## Work instructions
Your answer consists of the lines in the data that contain "else". Copy each of them.

## Input material

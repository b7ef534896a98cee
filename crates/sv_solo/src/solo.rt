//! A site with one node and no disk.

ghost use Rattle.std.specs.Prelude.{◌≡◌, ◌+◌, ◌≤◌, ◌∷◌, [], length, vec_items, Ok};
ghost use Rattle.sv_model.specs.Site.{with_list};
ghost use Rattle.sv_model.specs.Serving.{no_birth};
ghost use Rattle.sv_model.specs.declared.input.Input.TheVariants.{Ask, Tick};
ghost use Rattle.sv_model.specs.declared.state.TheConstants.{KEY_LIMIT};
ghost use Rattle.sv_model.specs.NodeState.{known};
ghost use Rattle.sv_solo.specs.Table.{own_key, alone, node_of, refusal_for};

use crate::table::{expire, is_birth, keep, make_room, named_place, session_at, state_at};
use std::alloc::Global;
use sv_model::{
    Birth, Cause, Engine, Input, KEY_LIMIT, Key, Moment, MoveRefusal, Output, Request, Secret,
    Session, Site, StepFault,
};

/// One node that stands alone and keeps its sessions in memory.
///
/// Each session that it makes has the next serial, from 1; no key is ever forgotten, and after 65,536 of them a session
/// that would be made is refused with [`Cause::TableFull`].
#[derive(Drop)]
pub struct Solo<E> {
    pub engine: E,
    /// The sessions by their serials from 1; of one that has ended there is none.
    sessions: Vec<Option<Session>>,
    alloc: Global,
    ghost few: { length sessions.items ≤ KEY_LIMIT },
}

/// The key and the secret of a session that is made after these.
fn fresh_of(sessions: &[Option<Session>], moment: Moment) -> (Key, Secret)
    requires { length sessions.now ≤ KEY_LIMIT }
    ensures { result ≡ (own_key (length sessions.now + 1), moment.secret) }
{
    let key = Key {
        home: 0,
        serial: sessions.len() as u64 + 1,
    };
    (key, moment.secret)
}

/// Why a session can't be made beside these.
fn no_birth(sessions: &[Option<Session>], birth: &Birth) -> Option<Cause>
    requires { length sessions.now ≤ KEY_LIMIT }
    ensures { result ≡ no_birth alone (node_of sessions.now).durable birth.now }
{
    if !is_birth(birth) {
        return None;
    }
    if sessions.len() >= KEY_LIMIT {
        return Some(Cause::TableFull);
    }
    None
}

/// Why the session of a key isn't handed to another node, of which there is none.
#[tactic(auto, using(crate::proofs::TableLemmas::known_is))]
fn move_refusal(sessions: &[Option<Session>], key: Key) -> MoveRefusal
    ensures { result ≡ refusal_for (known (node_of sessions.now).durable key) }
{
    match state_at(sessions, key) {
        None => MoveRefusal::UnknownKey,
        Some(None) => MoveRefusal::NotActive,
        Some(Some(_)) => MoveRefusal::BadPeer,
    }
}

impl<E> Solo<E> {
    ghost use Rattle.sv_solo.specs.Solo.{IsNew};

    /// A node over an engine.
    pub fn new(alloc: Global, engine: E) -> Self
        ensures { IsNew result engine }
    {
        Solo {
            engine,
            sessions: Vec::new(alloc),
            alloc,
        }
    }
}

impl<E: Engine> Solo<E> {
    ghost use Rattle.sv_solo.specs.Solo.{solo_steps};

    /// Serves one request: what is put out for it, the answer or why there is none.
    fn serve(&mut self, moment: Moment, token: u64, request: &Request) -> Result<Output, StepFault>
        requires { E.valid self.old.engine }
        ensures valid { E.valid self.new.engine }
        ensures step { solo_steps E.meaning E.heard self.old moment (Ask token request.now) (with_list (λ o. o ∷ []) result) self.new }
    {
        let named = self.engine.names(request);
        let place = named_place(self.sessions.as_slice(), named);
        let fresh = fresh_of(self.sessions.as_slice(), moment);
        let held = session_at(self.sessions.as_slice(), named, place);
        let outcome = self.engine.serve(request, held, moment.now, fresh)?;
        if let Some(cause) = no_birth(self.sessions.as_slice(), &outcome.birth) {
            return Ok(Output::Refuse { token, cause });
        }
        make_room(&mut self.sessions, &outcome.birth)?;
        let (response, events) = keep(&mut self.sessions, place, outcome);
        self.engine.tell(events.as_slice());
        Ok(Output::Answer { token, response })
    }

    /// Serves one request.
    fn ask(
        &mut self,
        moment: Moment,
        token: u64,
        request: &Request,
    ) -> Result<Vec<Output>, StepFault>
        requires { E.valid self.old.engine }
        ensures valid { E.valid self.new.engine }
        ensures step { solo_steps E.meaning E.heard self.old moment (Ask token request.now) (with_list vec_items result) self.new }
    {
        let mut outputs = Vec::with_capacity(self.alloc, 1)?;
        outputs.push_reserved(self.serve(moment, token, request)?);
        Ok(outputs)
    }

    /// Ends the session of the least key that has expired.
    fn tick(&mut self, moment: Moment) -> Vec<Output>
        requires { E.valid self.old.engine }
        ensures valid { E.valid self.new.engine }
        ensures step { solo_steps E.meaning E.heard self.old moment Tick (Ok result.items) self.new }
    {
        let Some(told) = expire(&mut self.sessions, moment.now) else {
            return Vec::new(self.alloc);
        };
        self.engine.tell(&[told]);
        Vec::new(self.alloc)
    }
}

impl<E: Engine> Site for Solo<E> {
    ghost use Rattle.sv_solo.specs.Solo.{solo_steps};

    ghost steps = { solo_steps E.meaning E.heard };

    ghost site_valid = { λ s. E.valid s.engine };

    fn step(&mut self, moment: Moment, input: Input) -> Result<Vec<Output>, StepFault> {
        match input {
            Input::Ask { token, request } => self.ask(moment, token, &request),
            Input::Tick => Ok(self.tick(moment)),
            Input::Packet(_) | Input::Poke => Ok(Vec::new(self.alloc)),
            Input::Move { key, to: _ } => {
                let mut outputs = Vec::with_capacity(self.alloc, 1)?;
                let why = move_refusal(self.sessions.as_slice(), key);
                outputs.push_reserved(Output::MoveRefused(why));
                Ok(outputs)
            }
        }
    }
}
* * *
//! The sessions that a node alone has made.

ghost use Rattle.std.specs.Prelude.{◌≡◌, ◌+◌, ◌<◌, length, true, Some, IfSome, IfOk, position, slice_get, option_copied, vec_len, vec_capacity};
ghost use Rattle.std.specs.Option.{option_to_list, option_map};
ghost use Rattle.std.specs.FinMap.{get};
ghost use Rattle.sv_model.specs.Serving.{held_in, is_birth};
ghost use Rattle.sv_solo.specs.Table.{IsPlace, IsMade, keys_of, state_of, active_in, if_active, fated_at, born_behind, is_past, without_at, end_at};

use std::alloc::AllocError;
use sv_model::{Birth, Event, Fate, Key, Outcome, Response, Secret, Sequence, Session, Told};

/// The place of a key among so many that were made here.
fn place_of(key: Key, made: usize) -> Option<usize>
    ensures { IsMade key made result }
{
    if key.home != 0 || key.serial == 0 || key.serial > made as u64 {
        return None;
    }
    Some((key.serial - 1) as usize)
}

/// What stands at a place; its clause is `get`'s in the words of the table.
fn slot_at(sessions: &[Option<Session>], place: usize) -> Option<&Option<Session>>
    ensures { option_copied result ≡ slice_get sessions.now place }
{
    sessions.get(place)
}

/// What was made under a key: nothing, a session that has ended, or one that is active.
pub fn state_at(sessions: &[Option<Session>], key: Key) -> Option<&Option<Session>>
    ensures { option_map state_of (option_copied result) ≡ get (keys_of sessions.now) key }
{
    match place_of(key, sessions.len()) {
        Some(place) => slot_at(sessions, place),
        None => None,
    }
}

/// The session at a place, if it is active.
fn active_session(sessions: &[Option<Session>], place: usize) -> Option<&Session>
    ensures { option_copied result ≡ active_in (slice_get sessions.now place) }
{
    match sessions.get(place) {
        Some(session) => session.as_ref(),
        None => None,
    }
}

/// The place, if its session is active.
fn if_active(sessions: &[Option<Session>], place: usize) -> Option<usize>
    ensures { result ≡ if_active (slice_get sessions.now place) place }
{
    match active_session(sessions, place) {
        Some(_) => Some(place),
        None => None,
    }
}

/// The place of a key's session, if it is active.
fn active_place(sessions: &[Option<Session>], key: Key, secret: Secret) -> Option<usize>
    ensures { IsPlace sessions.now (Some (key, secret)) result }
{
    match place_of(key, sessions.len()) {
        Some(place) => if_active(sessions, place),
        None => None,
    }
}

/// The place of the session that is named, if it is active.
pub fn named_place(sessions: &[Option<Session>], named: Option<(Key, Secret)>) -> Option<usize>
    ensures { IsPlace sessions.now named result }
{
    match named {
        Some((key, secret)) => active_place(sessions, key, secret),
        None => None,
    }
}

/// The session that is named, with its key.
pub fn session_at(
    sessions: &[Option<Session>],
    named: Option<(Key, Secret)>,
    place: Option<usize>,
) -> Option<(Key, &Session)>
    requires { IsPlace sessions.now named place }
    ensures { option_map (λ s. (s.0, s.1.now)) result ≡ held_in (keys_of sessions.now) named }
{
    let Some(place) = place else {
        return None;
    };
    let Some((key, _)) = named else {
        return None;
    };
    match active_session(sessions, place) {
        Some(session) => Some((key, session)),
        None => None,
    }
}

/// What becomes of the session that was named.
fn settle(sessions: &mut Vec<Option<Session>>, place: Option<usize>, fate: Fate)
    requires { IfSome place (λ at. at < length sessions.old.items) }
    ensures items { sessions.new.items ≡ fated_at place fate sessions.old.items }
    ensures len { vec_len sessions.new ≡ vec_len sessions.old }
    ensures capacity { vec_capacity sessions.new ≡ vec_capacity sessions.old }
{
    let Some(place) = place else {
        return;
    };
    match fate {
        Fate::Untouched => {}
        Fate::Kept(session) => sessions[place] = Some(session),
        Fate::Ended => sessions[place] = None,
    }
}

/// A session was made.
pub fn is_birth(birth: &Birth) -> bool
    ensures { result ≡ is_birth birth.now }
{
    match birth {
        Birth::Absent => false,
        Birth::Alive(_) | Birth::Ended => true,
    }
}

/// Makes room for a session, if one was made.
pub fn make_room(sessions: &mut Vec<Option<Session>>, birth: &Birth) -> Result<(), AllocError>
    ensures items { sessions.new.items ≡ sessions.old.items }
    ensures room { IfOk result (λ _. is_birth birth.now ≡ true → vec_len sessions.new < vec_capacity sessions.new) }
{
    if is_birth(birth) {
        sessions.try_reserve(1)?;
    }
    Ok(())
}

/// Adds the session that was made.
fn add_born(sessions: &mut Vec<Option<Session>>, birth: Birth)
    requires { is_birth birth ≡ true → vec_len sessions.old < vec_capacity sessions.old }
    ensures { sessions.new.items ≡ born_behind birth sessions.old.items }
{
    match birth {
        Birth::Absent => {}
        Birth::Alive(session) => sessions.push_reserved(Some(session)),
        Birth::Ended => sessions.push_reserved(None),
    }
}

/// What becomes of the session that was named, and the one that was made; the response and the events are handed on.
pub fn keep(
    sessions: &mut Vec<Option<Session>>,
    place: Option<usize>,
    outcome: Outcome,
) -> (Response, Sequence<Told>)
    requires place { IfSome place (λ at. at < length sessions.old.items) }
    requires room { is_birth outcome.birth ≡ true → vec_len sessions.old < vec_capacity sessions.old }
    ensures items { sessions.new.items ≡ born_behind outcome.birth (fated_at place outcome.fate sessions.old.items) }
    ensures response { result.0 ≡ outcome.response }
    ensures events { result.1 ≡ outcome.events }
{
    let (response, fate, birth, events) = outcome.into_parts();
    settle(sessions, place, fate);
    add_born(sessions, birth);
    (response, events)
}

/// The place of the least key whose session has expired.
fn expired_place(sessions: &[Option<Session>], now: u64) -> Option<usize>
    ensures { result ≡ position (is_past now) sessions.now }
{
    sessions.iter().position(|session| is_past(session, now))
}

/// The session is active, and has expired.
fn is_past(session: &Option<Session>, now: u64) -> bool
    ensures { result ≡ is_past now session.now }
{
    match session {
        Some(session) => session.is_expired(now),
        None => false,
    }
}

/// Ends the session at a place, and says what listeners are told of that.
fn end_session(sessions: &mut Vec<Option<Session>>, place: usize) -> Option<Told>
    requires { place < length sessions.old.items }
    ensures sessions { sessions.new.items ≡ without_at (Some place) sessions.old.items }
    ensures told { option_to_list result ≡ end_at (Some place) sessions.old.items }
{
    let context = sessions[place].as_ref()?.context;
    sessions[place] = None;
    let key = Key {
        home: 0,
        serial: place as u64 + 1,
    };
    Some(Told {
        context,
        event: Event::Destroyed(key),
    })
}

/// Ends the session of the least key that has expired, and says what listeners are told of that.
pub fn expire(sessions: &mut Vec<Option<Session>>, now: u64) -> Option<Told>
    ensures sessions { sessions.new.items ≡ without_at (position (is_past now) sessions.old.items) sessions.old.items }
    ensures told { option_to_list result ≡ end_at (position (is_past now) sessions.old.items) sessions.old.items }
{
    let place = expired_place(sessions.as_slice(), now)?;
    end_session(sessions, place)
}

## Exercise response
        let Some(told) = expire(&mut self.sessions, moment.now) else {
    let Some(place) = place else {
    let Some((key, _)) = named else {
    let Some(place) = place else {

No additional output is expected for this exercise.